Tinker, Tailor, Soldier, Spy.

Mercredi 7 juillet 2010 à 6:53

La faute aux trois J. Djason Bourne, Djack Bauer, Djames Bond.

Rabâché à force de cascades, de sexe sans capote et de gros flingues, un slogan : l’espion, un mec qui en a.

Ça visite des pays exotiques sans jamais en vomir la spécialité locale, précédé d’un micro-climat de distorsion hormonale qui transforme les standardistes affreuses en mannequin. Le boulot consiste en général à dessouder du péon au kilo et à l’arme automatique ; souvent clope au bec, quand c’était encore possible - que les hygiénistes avaient le dessous…Bogart, réveille-toi, ils sont devenus fous !

Le véritable espion est dans la réalité un type à peine plus excitant qu’une soirée dégustation chez Jacob & Delafon.

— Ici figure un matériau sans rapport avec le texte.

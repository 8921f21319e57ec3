//! A node with the log of its events since the last save, if it keeps one.
ghost use Rattle.std.specs.Prelude.{◌≡◌, ◌&&◌, nat_le, false, true, unwrap_or, Ok, IfOk, OnErr};
ghost use Rattle.std.specs.Option.{option_map};
ghost use Rattle.model.specs.Collecting.{scanned_reference};
ghost use Rattle.model.specs.View.{NodeView, link_to};
ghost use Rattle.model.specs.declared.event.Answer.TheVariants as answers;
ghost use Rattle.model.specs.declared.event.Event.TheVariants as events;
ghost use Rattle.node.specs.Keeping.{AreKeptIn, met};
ghost use Rattle.node_log.specs.Noted.{Noted};
ghost use Rattle.node_store.specs.Acting.{Acted, is_old_ack, log_of};
ghost use Rattle.node_store.specs.Logs.{is_turn};
ghost use Rattle.node_store.specs.Noted.{IsLogged};

use ids::Refusal;
use model::{Answer, Event};
use node::Node;
use node_log::Log;
use std::alloc::AllocError;

/// A node, and the events since its last save if it keeps a log of them.
pub struct LoggedNode {
    /// The node. It is given its events by the calls below, which note them.
    pub node: Node,
    /// Whether a log is kept. If none is, what `log` holds means nothing.
    pub logs: bool,
    pub log: Log,
}

// Written out, so that the crates above need not prove again how each field is dropped.
impl Drop for LoggedNode {
    fn drop(self) {
        let LoggedNode {
            node: _,
            logs: _,
            log: _,
        } = self;
    }
}

/// Whether an event is `Next`. To the node's core each other event is itself.
#[inline(always)]
pub fn is_turn(event: &Event) -> bool
    ensures { result ≡ is_turn event.now }
{
    matches!(event, Event::Next { .. })
}

// What an event is to the node's core, if that is another event: `Next` of a message that waits is
// that message. It fails if the message is a letter with references and bytes that can't be
// copied.
fn turned<'a>(node: &Node, event: &Event<'a>) -> Result<Option<Event<'a>>, AllocError>
    ensures met { IfOk result (λ t. unwrap_or t event.now ≡ met node.now.early event.now) }
    ensures message { OnErr result
        (is_old_ack node.now.core (met node.now.early event.now) ≡ false) }
{
    let Event::Next { from } = *event else {
        return Ok(None);
    };
    let Some(frame) = node.waiting(from) else {
        return Ok(None);
    };
    let copy = frame.copy()?;
    Ok(Some(Event::Data(copy)))
}

// What an event is to the node's core, by what `turned` said of it.
fn meant<'a, 'b>(turned: &'b Option<Event<'a>>, event: &'b Event<'a>) -> &'b Event<'a>
    ensures { result.now ≡ unwrap_or turned.now event.now }
{
    match turned {
        Some(other) => other,
        None => event,
    }
}

// Whether an event is an acknowledgement of messages that were all acknowledged before. It changes
// nothing that is saved.
fn is_old_ack(node: &Node, event: &Event) -> bool
    ensures { result ≡ is_old_ack node.now.core event.now }
{
    match event {
        Event::Ack(ack) => is_acknowledged(node, ack.by, ack.number),
        _ => false,
    }
}

// Whether a node has acknowledged the messages up to this number.
fn is_acknowledged(node: &Node, by: u8, number: u64) -> bool
    ensures { result ≡ nat_le number (link_to node.now.core by).base }
{
    let links = node.core().links();
    let base = if by < links.width() {
        links.base(by)
    } else {
        0
    };
    number <= base
}

impl LoggedNode {
    /// The events that were noted. None if no log is kept, or if it is lost.
    pub fn events(&self) -> Option<&[u8]>
        ensures { option_map (λ b. b.now) result ≡ log_of self.now }
    {
        if self.logs { self.log.bytes() } else { None }
    }

    /// Gives the node an event, as [`Node::act`] does, and notes it if a log is kept, and the event
    /// is answered and changes what is saved. The log may be lost (see [`Log::note`]); no event is
    /// refused for that. If it is lost already, nothing is noted.
    #[tactic(auto, using(crate::proofs::Noting::logged_on))]
    pub fn act(&mut self, event: &Event) -> Result<Answer, Refusal>
        ensures acted { Acted self.old self.new event.now result }
        ensures kept { AreKeptIn self.new.node }
        ensures old { is_old_ack self.old.node.core (met self.old.node.early event.now) ≡ true
            → self.new.log ≡ self.old.log }
        ensures logged { (first : NodeView) → IsLogged (log_of self.old) first self.old.node.core
            → IsLogged (log_of self.new) first self.new.node.core }
    {
        if self.logs && self.log.is_kept() {
            self.act_noting(event)
        } else {
            self.node.act(event)
        }
    }

    /// The same for calls that are inlined, except for `Next` if a log is kept. An acknowledgement
    /// is noted even if it is of nothing new.
    #[inline(always)]
    pub fn act_plain(&mut self, event: Event) -> Result<Answer, Refusal>
        requires { (is_turn event && self.old.logs) ≡ false }
        ensures { Acted self.old self.new event.entry result }
    {
        let answer = self.node.act(&event)?;
        if answer.is_change() && self.logs {
            self.note(event);
        } else {
            drop(event);
        }
        Ok(answer)
    }

    /// Scans an object as [`Node::scan_own`] does, and notes that if a log is kept.
    #[inline(always)]
    pub fn scan_own(&mut self) -> bool
        ensures done { result ≡ true → Acted self.old self.new events.Scan
            (Ok (answers.Scanned (scanned_reference self.old.node.core.local))) }
        ensures unchanged { result ≡ false → self.new ≡ self.old }
    {
        if !self.node.scan_own() {
            return false;
        }
        if self.logs {
            self.note(Event::Scan);
        }
        true
    }

    // Notes an event, after a move, so that without a log the event need not be in memory.
    #[inline(always)]
    fn note(&mut self, event: Event)
        ensures stays { self.new ≡ record self.old { log = self.new.log } }
        ensures noted { Noted self.old.log self.new.log event.entry }
    {
        let noted = event;
        let _lost = self.log.note(&noted);
    }

    // Gives the node an event, with a log that isn't lost. It is a function of its own, so that a
    // node without a log doesn't pay for it.
    #[inline(never)]
    fn act_noting(&mut self, event: &Event) -> Result<Answer, Refusal>
        ensures acted { Acted self.old self.new event.now result }
        ensures kept { AreKeptIn self.new.node }
        ensures old { is_old_ack self.old.node.core (met self.old.node.early event.now) ≡ true
            → self.new.log ≡ self.old.log }
    {
        match turned(&self.node, event) {
            Ok(turned) => self.act_meaning(event, meant(&turned, event)),
            Err(AllocError) => self.act_losing(event),
        }
    }

    // The same, with what the event is to the node's core.
    fn act_meaning(&mut self, event: &Event, meant: &Event) -> Result<Answer, Refusal>
        requires { meant.now ≡ met self.old.node.early event.now }
        ensures acted { Acted self.old self.new event.now result }
        ensures kept { AreKeptIn self.new.node }
        ensures old { is_old_ack self.old.node.core (met self.old.node.early event.now) ≡ true
            → self.new.log ≡ self.old.log }
    {
        let is_old = is_old_ack(&self.node, meant);
        let answer = self.node.act(event)?;
        if is_old {
            return Ok(answer);
        }
        if answer.is_change() {
            let _lost = self.log.note(meant);
        }
        Ok(answer)
    }

    // The same if there is no memory for what the event is to the core. The log is lost if the
    // event changes what is saved.
    #[inline(never)]
    fn act_losing(&mut self, event: &Event) -> Result<Answer, Refusal>
        requires { is_old_ack self.old.node.core (met self.old.node.early event.now) ≡ false }
        ensures acted { Acted self.old self.new event.now result }
        ensures kept { AreKeptIn self.new.node }
        ensures old { is_old_ack self.old.node.core (met self.old.node.early event.now) ≡ true
            → self.new.log ≡ self.old.log }
    {
        let answer = self.node.act(event)?;
        if answer.is_change() {
            self.log.lose();
        }
        Ok(answer)
    }
}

Perfide Albion & sauvages rosbifs

Image hosted by uppix.netLe monde était donc en perdition jusqu’à ce que déboule John le Carré, espion au service de Sa Majesté. Il botte le cul aux Russes, se fait démasquer par un agent du KGB, sauve la blonde, trahit son pays pour l’amour d’un vagin communiste - mais ces filles de l’Est sont magnifiques, comment lui en vouloir ?

John le Carré est un véritable espion, estampillé MI6, qui sait pertinemment que le gros du travail d’espion consiste à laisser le monde dans le même état qu’on l’a trouvé en entrant.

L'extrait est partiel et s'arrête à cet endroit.